Exercise prompt
What you give back must match the data character for character.

Data
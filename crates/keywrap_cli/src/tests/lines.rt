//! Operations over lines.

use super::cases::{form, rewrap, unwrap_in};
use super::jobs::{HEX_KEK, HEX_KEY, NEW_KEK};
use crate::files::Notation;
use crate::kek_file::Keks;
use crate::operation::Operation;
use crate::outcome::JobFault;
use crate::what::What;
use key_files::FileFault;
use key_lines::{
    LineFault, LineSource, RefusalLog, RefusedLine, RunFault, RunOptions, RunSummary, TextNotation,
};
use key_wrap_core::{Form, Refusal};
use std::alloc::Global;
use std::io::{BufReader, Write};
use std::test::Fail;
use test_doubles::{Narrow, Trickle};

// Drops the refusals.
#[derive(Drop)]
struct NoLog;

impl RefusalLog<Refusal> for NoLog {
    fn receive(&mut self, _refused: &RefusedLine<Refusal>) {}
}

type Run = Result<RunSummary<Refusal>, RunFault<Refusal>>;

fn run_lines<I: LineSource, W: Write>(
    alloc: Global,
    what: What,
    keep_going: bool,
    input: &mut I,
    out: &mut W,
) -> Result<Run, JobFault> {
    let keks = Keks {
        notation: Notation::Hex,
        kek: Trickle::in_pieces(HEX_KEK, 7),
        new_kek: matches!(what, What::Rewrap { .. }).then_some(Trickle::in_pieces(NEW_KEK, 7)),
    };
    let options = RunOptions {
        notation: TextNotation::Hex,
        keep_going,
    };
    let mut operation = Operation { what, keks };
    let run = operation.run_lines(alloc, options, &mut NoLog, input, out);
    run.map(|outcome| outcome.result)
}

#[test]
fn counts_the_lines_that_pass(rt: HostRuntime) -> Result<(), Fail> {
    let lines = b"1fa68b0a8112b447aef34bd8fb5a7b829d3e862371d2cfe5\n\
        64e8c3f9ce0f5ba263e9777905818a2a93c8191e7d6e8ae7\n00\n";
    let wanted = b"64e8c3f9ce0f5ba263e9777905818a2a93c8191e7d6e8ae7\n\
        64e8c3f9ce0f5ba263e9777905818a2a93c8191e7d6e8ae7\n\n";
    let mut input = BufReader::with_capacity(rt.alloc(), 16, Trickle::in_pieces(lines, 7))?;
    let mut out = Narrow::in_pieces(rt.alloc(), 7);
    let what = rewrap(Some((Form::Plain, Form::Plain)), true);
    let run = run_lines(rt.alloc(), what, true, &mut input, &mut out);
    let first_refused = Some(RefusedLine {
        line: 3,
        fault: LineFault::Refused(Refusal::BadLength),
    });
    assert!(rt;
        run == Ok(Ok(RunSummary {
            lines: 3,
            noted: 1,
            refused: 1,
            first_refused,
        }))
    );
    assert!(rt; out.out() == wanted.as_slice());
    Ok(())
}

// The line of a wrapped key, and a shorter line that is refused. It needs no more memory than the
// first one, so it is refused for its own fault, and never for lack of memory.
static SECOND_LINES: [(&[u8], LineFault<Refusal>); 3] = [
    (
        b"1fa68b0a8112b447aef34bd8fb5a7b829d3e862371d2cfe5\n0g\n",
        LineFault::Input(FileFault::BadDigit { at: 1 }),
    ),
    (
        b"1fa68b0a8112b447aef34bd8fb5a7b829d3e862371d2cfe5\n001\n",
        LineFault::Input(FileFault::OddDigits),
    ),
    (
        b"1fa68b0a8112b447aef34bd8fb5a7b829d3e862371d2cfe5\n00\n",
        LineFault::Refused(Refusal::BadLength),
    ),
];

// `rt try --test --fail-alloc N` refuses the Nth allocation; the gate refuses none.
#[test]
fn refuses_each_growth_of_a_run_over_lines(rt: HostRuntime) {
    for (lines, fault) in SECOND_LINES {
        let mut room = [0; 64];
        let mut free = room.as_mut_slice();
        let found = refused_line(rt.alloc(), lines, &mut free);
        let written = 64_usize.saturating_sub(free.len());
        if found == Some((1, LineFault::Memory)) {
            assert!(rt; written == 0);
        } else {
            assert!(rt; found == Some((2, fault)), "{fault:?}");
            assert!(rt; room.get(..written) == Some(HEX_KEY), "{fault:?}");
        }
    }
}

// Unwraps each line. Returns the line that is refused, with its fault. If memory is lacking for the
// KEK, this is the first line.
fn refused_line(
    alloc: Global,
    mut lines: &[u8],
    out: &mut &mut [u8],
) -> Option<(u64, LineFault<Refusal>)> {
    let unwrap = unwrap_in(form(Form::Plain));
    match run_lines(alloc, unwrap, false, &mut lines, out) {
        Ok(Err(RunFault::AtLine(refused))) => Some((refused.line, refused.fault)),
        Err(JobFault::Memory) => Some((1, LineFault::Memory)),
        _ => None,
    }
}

Answer space
filename crates/keywrap_cli/src/tests/lines.rt
//! Operations over lines.

use super::cases::{form, rewrap, unwrap_in};
use super::jobs::{HEX_KEK, HEX_KEY, NEW_KEK};
use crate::files::Notation;
use crate::kek_file::Keks;
use crate::operation::Operation;
use crate::outcome::JobFault;
use crate::what::What;
use key_files::FileFault;
use key_lines::{
    LineFault, LineSource, RefusalLog, RefusedLine, RunFault, RunOptions, RunSummary, TextNotation,
};
use key_wrap_core::{Form, Refusal};
use std::alloc::Global;
use std::io::{BufReader, Write};
use std::test::Fail;
use test_doubles::{Narrow, Trickle};

// Drops the refusals.
#[derive(Drop)]
struct NoLog;

impl RefusalLog<Refusal> for NoLog {
    fn receive(&mut self, _refused: &RefusedLine<Refusal>) {}
}

type Run = Result<RunSummary<Refusal>, RunFault<Refusal>>;

fn run_lines<I: LineSource, W: Write>(
    alloc: Global,
    what: What,
    keep_going: bool,
    input: &mut I,
    out: &mut W,
) -> Result<Run, JobFault> {
    let keks = Keks {
        notation: Notation::Hex,
        kek: Trickle::in_pieces(HEX_KEK, 7),
        new_kek: matches!(what, What::Rewrap { .. }).then_some(Trickle::in_pieces(NEW_KEK, 7)),
    };
    let options = RunOptions {
        notation: TextNotation::Hex,
        keep_going,
    };
    let mut operation = Operation { what, keks };
    let run = operation.run_lines(alloc, options, &mut NoLog, input, out);
    run.map(|outcome| outcome.result)
}

#[test]
fn counts_the_lines_that_pass(rt: HostRuntime) -> Result<(), Fail> {
    let lines = b"1fa68b0a8112b447aef34bd8fb5a7b829d3e862371d2cfe5\n\
        64e8c3f9ce0f5ba263e9777905818a2a93c8191e7d6e8ae7\n00\n";
    let wanted = b"64e8c3f9ce0f5ba263e9777905818a2a93c8191e7d6e8ae7\n\
        64e8c3f9ce0f5ba263e9777905818a2a93c8191e7d6e8ae7\n\n";
    let mut input = BufReader::with_capacity(rt.alloc(), 16, Trickle::in_pieces(lines, 7))?;
    let mut out = Narrow::in_pieces(rt.alloc(), 7);
    let what = rewrap(Some((Form::Plain, Form::Plain)), true);
    let run = run_lines(rt.alloc(), what, true, &mut input, &mut out);
    let first_refused = Some(RefusedLine {
        line: 3,
        fault: LineFault::Refused(Refusal::BadLength),
    });
    assert!(rt;
        run == Ok(Ok(RunSummary {
            lines: 3,
            noted: 1,
            refused: 1,
            first_refused,
        }))
    );
    assert!(rt; out.out() == wanted.as_slice());
    Ok(())
}

// The line of a wrapped key, and a shorter line that is refused. It needs no more memory than the
// first one, so it is refused for its own fault, and never for lack of memory.
static SECOND_LINES: [(&[u8], LineFault<Refusal>); 3] = [
    (
        b"1fa68b0a8112b447aef34bd8fb5a7b829d3e862371d2cfe5\n0g\n",
        LineFault::Input(FileFault::BadDigit { at: 1 }),
    ),
    (
        b"1fa68b0a8112b447aef34bd8fb5a7b829d3e862371d2cfe5\n001\n",
        LineFault::Input(FileFault::OddDigits),
    ),
    (
        b"1fa68b0a8112b447aef34bd8fb5a7b829d3e862371d2cfe5\n00\n",
        LineFault::Refused(Refusal::BadLength),
    ),
];

// `rt try --test --fail-alloc N` refuses the Nth allocation; the gate refuses none.
#[test]
fn refuses_each_growth_of_a_run_over_lines(rt: HostRuntime) {
    for (lines, fault) in SECOND_LINES {
        let mut room = [0; 64];
        let mut free = room.as_mut_slice();
        let found = refused_line(rt.alloc(), lines, &mut free);
        let written = 64_usize.saturating_sub(free.len());
        if found == Some((1, LineFault::Memory)) {
            assert!(rt; written == 0);
        } else {
            assert!(rt; found == Some((2, fault)), "{fault:?}");
            assert!(rt; room.get(..written) == Some(HEX_KEY), "{fault:?}");
        }
    }
}

// Unwraps each line. Returns the line that is refused, with its fault. If memory is lacking for the
// KEK, this is the first line.
fn refused_line(
    alloc: Global,
    mut lines: &[u8],
    out: &mut &mut [u8],
) -> Option<(u64, LineFault<Refusal>)> {
    let unwrap = unwrap_in(form(Form::Plain));
    match run_lines(alloc, unwrap, false, &mut lines, out) {
        Ok(Err(RunFault::AtLine(refused))) => Some((refused.line, refused.fault)),
        Err(JobFault::Memory) => Some((1, LineFault::Memory)),
        _ => None,
    }
}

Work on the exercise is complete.